** Opening INFORMATION GIVEN block **

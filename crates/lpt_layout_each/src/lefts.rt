//! What is left of each name at the end of a stream, one after the other.

ghost use Rattle.std.specs.Prelude.{◌≡◌, ◌++◌, [], ℕ, Bool, List, None};
ghost use Rattle.lpt_carried.specs.declared.reading.Reading.{Reading};
ghost use Rattle.lpt_layout_each.specs.Eaches as each;
ghost use Rattle.lpt_layout_each.specs.Helds.{HoldsEach, IsKept};
ghost use Rattle.lpt_layout_each.specs.Lefts.{HoldsYet, left_yet};
ghost use Rattle.lpt_layout_each.specs.Streams.{Leaves, of};
ghost use Rattle.lpt_layout_each.specs.Told.{events_of};

use crate::NewsAs;
use crate::helds::HeldsAs;
use crate::kept::KeptAs;
use lpt_carried::Name;

/// Takes out the first name, in the order of names, of which something is left, and gives what that
/// is; none if nothing is left of any. What is kept may then be used for nothing else.
pub fn pop_left(helds: &mut HeldsAs) -> Option<(Name, NewsAs)>
    ensures first { (r : Reading) (any : Bool) (bs : List (List ℕ)) → HoldsEach r any bs helds.old
        → HoldsYet r any bs helds.old × Leaves r any bs (left_yet r any bs helds.old) }
    ensures held { (r : Reading) (any : Bool) (bs : List (List ℕ)) → HoldsYet r any bs helds.old
        → HoldsYet r any bs helds.new }
    ensures told { (r : Reading) (any : Bool) (bs : List (List ℕ)) → HoldsYet r any bs helds.old
        → left_yet r any bs helds.old ≡ events_of result ++ left_yet r any bs helds.new }
    ensures none { result ≡ None → (r : Reading) (any : Bool) (bs : List (List ℕ))
        → left_yet r any bs helds.new ≡ [] }
{
    while let Some((name, held)) = helds.kept.pop_first() {
        match left_in(name, held) {
            Some(event) => return Some(event),
            None => {}
        }
    }
    None
}

// What is left of a name; none if nothing is.
fn left_in(name: Name, held: KeptAs) -> Option<(Name, NewsAs)>
    ensures { (c : each.Course) → IsKept c held → events_of result ≡ of name (each.news_left c) }
{
    if held.is_empty() {
        return None;
    }
    Some((name, NewsAs::Dropped(held.into_new())))
}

** Closing INFORMATION GIVEN block **

◆ TO DO: Count how many lines in the data above hold the string "HeldsAs", and give the number with no other words.

◆ THE COMPLETED TASK: 2